New final IRS/Treasury regulations defining the source of income from qualified “fails” expands the scope of a temporary regulation related to Treasury fails to agency mortgage-backed securities and debt.
“The Treasury Department and the IRS have determined that the same source rule should apply to fails charges incurred with respect to agency debt and agency MBS as to fails charges on Treasuries,” IRS/Treasury indicated in their final regulation and removal of temporary regulations as published in the Federal Register Tuesday.
Under the regulations, the source of income from a qualified fails charge is “generally determined by reference to the residence of the taxpayer that is the recipient of the qualified fails charge income, with two exceptions.”
One exception is qualified fails charge income earned by “a qualified business unit of a taxpayer that is sourced to the country in which the QBU is engaged in a trade or business.”
The other is qualified fails charge income “that arises from a transaction the income from which is effectively connected to a United States trade or business…sourced in the United States and treated as effectively connected to the conduct of a United States trade or business.”
The regulations note that for tax purposes, Fannie Mae, Freddie Mac and Ginnie Mae do not issue agency MBS.
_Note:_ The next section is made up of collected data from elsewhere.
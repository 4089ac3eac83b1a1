//! Texts, and what each prints.

/// A text with a command of many kinds.
pub const TEXT: &[u8] = b"nodes 2
join 1 0
deliver 1
put 0 a/b/k x stamp 2
read 0 a/b/k
del 1 a/b/k
over 1 a/b/m hex:00
settle
show 0 a/b/k
resolve 0 a/b/k lww
watch 0 a/b 2
put 0 a/b/k y read 1
changes 0 1
keep 0
keep 0 a/b/k
images 0
list 0 a/b
tick 0
exchange 0 1
junk 0 5054
restart 0 3
hello 0 1
leave 0
show 0 a/b/k
restart 0 0
root 0
views 0
";

/// What it prints.
pub const OUTPUT: &[u8] = b"ok
ok
frame 1 JOIN 1 0
took
wrote ctx 0.1:1
frame 2 GOSSIP 0 1
read 1 ctx 0.1:1 values x@2
wrote ctx 1.1:1
frame 3 GOSSIP 1 0
wrote ctx 1.1:1
frame 4 GOSSIP 1 0
delivered 3
ctx 0.1:1,1.1:1 values x@2,~
wrote ctx 0.1:2,1.1:1
frame 5 GOSSIP 0 1
watch 1
wrote ctx 0.1:3,1.1:1
frame 6 GOSSIP 0 1
missed 0 keys k
ok
ok
images 7
keys k,m
ok
ok
frame 7 XROOT 0 1
refused 10 Short
ok
ok
frame 8 HELLO 0 1
ok
ctx 0.1:3,1.1:1 values y,x@2
ok
root e3b0c44298fc1c149afbf4c8996fb92427ae41e4649b934ca495991b7852b855
active - passive - eager - lazy -
";

/// A text, how many resolvers are at hand, what is printed, and the number of the bad line, or 0.
pub type Row = (&'static [u8], usize, &'static [u8], u64);

pub static ROWS: [Row; 16] = [
    (TEXT, 2, OUTPUT, 0),
    // The last line may lack its line feed.
    (b"nodes 1", 2, b"ok\n", 0),
    (b"nodes 1\nimages 0", 2, b"ok\nimages 1\n", 0),
    (b"", 2, b"", 0),
    (b"\n", 2, b"", 0),
    // A resolver that isn't at hand is no word.
    (
        b"nodes 1\nresolve 0 a/b/k lww\n",
        0,
        b"error 70 BadLine 2\n",
        2,
    ),
    (b"nodes 1\nresolve 0 a/b/k lww\n", 1, b"ok\nok\n", 0),
    (
        b"nodes 1\nresolve 0 a/b/k largest\n",
        1,
        b"error 70 BadLine 2\n",
        2,
    ),
    (b"nodes 1\nresolve 0 a/b/k largest\n", 2, b"ok\nok\n", 0),
    // Bytes that are no text, or no letters.
    (b"\xff\xfe", 2, b"error 70 BadLine 1\n", 1),
    (b"nodes 1\n\0\n", 2, b"error 70 BadLine 2\n", 2),
    (b"# \xff\n  #\0\nnodes 1\n", 2, b"ok\n", 0),
    (b"nodes 1\r\n", 2, b"error 70 BadLine 1\n", 1),
    (b"nodes 1\n\t\n", 2, b"error 70 BadLine 2\n", 2),
    (b"nodes 1\nroot\xa00\n", 2, b"error 70 BadLine 2\n", 2),
    (b"nonsense", 2, b"error 70 BadLine 1\n", 1),
];

/// A text, how many times it stands in one line, what is printed, and the number of the bad line,
/// or 0.
pub type LongRow = (&'static [u8], u32, &'static [u8], u64);

/// Lines of four megabytes, and a text of the most bytes that are read.
pub static LONG_ROWS: [LongRow; 7] = [
    (&[b' '; 1_000], 4_000, b"", 0),
    (&[b'#'; 1_000], 4_000, b"", 0),
    (&[b'0'; 1_000], 4_000, b"error 70 BadLine 1\n", 1),
    (&[b'/'; 1_000], 4_000, b"error 70 BadLine 1\n", 1),
    (&[b'x'; 1_000], 4_000, b"error 70 BadLine 1\n", 1),
    (&[b'\xff'; 1_000], 4_000, b"error 70 BadLine 1\n", 1),
    (&[b'#'; 8_192], 8_192, b"", 0),
];

/// Repeated `TIMES_TOO_LONG` times, this is one byte more than is read.
pub const TOO_LONG: &[u8] = &[b'#'; 8_065];

pub const TIMES_TOO_LONG: u32 = 8_321;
The Internal Revenue Service and Treasury Department also indicated in the final regulation that they “are considering whether separate guidance is needed on the source of income attributable to certain payments, other than qualified fails charges, that arise in securities lending transactions or repurchase transactions.”
Persistent Treasury delivery failures during market turbulence led the Treasury Market Practices Group and the Securities Industry and Financial Markets Association to publish a trading practice governing Treasury fails in 2008. A fail occurs when a promise to deliver securities by the settlement date cannot be fulfilled. The trading practice provided a mechanism for compensating a non-failing party.
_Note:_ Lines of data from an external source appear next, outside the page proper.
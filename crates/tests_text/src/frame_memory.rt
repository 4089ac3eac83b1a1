//! Whichever single allocation is refused: a run ends with Memory and a front of the output, and
//! made again it prints all.

use crate::devices::{Device, Feed};
use plumctl_core::{Ended, frame_lines};
use std::alloc::Global;
use streams::{MayFail, StreamFault};

const INPUT: &[u8] = b"50540201 0000 0001 0000000000000001 00000029 0000 000161 000162 00016b \
    0001 0000 00000001 0000000000000001 0001 01 0000000000000000 0001 2b\n5g\n";

const TEXT: &[u8] =
    b"GOSSIP from 0 to 1 number 1 round 0 key a/b/k ctx 0.1:1 values hex:2b\nerror 9 BadHex\n";

/// Returns how a run ends, and how many bytes of the output were not written.
fn run(alloc: Global) -> (Result<Ended, StreamFault>, usize) {
    let mut writer = MayFail(Device::new(TEXT));
    let done = frame_lines(alloc, None, &mut MayFail(Feed::new(INPUT)), &mut writer);
    let left = if writer.0.is_right {
        writer.0.wanted.len()
    } else {
        usize::MAX
    };
    (done, left)
}

/// Returns whether a run prints all, or ends with Memory and a front, and then prints all.
fn is_run_again(alloc: Global) -> bool {
    let all = (Ok(Ended::SomeRefused), 0);
    match run(alloc) {
        (Err(StreamFault::Memory), left) => left <= TEXT.len() && run(alloc) == all,
        answer => answer == all,
    }
}

// Allocates at most 20 times.
#[test]
fn a_run_prints_all_when_it_is_made_again_under_refused_memory(rt: HostRuntime) {
    assert!(rt; is_run_again(rt.alloc()));
}
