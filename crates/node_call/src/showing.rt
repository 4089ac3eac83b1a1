//! What an event published is shown to readers.

ghost use Rattle.std.specs.Prelude.{◌≡◌, ◌≢◌, ◌++◌, true, false, None, IfSome, OnOk, OnErr};
ghost use Rattle.node_readers.specs.Published.{with_all};
ghost use Rattle.node_readers.specs.Growth.{GrowsBy};
ghost use Rattle.node_call.specs.Ready.{listed};

use node_readers::{Naming, Published, Publisher, Tail};
use std::alloc::AllocError;
use std::sync::Wait;

/// Adds the change to the list, and shows it to readers.
pub fn publish_change<J: Naming, H: Wait + Drop, R: Wait>(
    rt: &R,
    publisher: &mut Publisher<J, H>,
    tail: &Tail<J>,
    change: Option<Published>,
) -> Result<(), AllocError>
    requires { IfSome change (GrowsBy (with_all J.opening publisher.old.list)) }
    ensures list { OnOk result (publisher.new.list ≡ publisher.old.list ++ listed change) }
    ensures going { OnOk result
        (publisher.old.stopped ≡ false → publisher.new.stopped ≡ false) }
    ensures same { OnErr result (publisher.new.list ≡ publisher.old.list) }
    ensures stopped { OnErr result (publisher.new.stopped ≡ true) }
    ensures some { OnErr result (change ≢ None) }
{
    match change {
        Some(change) => match publisher.publish(rt, tail, change) {
            Ok(_revision) => Ok(()),
            Err(error) => Err(error),
        },
        None => Ok(()),
    }
}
Subsequently the Treasury and IRS issued temporary proposed regulations that established source rules for a fails charge paid with respect to a Treasury with the provision that the IRS would “not challenge the position taken by a taxpayer or a withholding agent that a fails charge paid to a Treasury on or before Dec. 31, 2010 is not subject to U.S. gross basis taxation.”
Treasury/IRS had noted in the preamble to the temporary regulations that “no trading practice existed [previously] for fails charges on securities other than Treasuries, but that if a fails charge trading practice pertaining to other securities was endorsed by the TMPG or an agency of the United States government, the Treasury Department and the IRS would consider whether the source rule in the regulations should be extended to those fails charges.”
The TMPG endorsed a trading practice for Fannie Mae, Freddie Mac and Federal Home Loan Bank debentures, as well as pass-through agency MBS guaranteed by Fannie, Freddie or Ginnie Mae beginning this month.